- Task brief -
Whenever the word "another" turns up in a line below, that line should be copied.

[Collected data]
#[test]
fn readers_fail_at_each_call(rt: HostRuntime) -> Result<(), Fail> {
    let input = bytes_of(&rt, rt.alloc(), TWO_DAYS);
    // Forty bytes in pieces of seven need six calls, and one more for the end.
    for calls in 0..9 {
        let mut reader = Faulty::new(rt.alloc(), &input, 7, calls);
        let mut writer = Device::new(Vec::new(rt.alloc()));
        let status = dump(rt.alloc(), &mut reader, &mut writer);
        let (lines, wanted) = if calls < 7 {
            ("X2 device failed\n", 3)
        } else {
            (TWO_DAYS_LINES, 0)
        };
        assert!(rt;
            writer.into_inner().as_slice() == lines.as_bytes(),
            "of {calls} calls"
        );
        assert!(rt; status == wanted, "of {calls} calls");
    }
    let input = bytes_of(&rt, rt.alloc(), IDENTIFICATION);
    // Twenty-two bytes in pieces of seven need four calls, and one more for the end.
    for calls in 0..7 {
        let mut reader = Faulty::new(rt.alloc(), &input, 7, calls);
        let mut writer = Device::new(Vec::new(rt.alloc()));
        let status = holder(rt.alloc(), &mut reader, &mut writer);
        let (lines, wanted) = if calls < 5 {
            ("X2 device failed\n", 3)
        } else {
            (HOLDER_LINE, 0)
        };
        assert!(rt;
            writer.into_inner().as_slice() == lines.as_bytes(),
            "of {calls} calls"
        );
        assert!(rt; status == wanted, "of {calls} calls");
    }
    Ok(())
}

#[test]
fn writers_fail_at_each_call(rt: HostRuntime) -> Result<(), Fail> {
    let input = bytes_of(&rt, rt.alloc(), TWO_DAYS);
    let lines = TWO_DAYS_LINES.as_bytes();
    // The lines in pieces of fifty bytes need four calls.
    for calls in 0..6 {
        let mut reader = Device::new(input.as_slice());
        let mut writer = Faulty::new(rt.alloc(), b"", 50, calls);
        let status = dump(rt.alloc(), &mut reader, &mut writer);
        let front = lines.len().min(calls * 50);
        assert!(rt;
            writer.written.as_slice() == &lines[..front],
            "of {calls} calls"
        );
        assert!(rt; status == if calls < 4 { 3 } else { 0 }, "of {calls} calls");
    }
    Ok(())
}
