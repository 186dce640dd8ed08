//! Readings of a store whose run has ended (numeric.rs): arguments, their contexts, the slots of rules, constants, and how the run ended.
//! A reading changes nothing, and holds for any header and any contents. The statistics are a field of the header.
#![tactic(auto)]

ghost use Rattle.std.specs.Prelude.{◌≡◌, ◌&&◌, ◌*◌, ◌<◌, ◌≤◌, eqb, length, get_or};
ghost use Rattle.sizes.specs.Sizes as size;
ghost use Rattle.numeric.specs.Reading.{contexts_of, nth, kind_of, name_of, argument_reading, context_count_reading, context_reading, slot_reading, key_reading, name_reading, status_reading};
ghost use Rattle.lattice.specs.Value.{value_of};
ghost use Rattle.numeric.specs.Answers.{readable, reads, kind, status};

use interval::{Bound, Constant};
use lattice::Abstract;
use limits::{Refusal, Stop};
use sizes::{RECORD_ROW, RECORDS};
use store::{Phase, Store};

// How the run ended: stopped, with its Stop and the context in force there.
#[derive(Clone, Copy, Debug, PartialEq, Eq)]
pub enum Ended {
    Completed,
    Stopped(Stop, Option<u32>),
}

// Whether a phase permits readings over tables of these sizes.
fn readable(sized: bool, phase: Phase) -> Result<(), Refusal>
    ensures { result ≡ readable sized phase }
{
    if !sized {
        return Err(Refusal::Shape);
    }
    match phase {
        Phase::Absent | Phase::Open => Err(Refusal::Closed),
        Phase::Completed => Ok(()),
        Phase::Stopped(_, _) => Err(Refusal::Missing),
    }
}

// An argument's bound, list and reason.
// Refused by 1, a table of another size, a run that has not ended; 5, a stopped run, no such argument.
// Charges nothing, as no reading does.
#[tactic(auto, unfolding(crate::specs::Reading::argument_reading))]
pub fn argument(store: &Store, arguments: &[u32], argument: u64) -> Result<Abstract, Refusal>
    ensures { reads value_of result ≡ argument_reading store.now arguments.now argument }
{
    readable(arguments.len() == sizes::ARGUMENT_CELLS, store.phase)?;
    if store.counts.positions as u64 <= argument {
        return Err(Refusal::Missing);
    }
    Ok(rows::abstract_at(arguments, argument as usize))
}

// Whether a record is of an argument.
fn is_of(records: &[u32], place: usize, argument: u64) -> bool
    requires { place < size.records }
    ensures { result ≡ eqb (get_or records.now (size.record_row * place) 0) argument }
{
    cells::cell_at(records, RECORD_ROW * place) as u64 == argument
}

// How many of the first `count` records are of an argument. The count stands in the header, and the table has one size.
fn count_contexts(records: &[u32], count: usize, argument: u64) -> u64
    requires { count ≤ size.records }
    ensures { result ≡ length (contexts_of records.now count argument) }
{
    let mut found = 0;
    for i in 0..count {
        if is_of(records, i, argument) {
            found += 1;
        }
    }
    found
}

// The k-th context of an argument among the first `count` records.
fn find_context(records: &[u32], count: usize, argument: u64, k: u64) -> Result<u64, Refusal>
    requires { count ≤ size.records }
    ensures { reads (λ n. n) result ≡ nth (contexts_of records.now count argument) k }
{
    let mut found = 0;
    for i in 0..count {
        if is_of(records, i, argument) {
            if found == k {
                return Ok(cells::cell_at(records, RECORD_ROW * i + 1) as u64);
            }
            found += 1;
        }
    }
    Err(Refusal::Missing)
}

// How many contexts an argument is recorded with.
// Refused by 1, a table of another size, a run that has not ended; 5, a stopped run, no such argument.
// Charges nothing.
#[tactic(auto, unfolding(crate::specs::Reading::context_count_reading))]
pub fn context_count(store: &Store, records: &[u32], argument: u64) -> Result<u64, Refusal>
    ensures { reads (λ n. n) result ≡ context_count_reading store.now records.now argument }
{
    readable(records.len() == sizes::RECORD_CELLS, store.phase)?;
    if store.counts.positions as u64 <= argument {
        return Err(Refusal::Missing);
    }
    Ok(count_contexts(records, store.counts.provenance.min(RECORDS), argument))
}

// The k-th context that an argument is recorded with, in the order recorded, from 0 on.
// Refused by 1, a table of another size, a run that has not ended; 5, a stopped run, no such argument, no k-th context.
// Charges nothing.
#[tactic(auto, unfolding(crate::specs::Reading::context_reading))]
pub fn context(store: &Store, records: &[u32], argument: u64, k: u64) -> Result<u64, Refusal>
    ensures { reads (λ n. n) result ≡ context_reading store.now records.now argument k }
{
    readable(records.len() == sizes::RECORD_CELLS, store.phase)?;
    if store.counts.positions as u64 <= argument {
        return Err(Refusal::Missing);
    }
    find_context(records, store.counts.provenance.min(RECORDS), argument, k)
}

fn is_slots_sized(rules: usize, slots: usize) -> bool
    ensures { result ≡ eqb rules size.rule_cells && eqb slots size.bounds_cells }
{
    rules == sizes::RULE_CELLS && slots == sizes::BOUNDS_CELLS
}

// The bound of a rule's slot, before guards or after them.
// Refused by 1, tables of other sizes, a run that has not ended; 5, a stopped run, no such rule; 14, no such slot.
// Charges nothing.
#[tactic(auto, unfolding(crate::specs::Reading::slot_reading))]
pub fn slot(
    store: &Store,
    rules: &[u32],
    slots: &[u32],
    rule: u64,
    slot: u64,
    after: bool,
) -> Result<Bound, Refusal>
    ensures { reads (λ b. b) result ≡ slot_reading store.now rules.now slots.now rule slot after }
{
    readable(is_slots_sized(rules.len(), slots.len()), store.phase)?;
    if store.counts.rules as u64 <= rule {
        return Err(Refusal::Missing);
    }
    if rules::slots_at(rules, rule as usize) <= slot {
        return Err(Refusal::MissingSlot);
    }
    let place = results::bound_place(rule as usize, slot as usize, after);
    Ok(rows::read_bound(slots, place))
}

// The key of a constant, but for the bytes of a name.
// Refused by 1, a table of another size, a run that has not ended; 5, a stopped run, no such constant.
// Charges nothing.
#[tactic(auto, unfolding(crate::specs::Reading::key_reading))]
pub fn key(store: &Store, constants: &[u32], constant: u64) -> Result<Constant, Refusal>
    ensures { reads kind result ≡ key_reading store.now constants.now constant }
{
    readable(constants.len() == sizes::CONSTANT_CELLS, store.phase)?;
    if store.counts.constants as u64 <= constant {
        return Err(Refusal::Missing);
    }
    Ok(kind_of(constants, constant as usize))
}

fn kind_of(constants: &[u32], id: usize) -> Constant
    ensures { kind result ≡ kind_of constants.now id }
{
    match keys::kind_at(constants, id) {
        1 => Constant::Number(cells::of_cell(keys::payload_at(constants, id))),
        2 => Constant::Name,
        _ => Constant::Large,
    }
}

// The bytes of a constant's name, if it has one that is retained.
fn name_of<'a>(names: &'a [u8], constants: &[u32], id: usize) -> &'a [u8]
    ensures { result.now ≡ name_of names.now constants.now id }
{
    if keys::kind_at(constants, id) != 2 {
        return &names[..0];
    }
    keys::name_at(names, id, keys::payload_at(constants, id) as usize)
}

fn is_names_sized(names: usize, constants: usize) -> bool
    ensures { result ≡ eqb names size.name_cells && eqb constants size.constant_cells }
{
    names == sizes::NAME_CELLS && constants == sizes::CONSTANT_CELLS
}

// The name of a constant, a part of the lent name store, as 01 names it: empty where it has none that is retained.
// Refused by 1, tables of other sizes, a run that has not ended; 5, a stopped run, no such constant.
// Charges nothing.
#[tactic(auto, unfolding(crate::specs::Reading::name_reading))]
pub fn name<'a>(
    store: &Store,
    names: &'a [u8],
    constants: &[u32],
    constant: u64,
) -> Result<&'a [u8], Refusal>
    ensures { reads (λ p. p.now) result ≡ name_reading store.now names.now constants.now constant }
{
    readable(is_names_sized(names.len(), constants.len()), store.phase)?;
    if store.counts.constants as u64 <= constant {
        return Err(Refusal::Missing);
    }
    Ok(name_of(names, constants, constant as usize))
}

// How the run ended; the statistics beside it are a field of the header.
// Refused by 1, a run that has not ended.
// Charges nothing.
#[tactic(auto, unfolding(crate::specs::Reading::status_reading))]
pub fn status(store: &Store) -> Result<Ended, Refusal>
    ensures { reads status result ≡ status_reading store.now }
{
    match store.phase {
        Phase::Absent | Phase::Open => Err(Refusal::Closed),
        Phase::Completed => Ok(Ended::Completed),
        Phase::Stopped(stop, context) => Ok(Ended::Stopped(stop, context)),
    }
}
--
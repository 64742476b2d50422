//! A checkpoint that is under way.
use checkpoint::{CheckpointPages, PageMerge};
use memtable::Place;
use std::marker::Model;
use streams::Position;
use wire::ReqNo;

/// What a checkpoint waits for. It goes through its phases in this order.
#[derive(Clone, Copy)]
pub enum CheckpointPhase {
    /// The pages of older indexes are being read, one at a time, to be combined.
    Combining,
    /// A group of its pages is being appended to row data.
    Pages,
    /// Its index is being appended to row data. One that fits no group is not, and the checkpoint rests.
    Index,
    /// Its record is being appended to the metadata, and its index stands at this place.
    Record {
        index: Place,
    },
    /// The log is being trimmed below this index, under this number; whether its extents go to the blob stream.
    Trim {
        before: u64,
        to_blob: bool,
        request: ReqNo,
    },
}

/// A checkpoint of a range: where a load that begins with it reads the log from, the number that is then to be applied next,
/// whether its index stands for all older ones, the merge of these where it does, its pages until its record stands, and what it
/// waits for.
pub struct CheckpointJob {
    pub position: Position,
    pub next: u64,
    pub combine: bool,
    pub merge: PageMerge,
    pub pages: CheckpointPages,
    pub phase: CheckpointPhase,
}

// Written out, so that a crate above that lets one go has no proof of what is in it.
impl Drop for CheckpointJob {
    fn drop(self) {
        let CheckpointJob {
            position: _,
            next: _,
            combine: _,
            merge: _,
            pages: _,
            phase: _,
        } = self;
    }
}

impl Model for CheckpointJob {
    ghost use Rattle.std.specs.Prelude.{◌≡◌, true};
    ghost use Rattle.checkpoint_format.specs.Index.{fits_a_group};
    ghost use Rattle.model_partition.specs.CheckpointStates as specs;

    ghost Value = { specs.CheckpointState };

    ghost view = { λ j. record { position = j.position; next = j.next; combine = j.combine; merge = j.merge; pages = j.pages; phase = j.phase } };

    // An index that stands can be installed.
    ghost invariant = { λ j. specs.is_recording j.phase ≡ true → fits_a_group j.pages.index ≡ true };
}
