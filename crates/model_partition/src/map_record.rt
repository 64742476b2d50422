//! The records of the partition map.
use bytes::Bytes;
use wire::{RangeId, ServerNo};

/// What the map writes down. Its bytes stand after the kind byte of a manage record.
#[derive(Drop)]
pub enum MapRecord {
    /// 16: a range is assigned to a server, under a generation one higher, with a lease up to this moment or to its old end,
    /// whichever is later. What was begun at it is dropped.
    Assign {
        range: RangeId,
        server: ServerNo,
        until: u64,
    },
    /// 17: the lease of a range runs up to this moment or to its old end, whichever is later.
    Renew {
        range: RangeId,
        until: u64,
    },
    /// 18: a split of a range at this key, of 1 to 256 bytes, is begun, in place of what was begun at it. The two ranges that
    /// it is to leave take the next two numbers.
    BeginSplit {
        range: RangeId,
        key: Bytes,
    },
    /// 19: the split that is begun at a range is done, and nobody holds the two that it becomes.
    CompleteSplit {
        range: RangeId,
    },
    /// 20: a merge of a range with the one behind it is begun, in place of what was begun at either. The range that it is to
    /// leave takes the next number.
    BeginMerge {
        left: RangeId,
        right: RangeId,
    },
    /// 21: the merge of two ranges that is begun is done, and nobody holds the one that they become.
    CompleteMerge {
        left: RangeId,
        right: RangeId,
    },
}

- Written solution -
// Refused by 1, a table of another size, a run that has not ended; 5, a stopped run, no such argument.
// Refused by 1, a table of another size, a run that has not ended; 5, a stopped run, no such argument.
// Refused by 1, a table of another size, a run that has not ended; 5, a stopped run, no such argument, no k-th context.
// Refused by 1, a table of another size, a run that has not ended; 5, a stopped run, no such constant.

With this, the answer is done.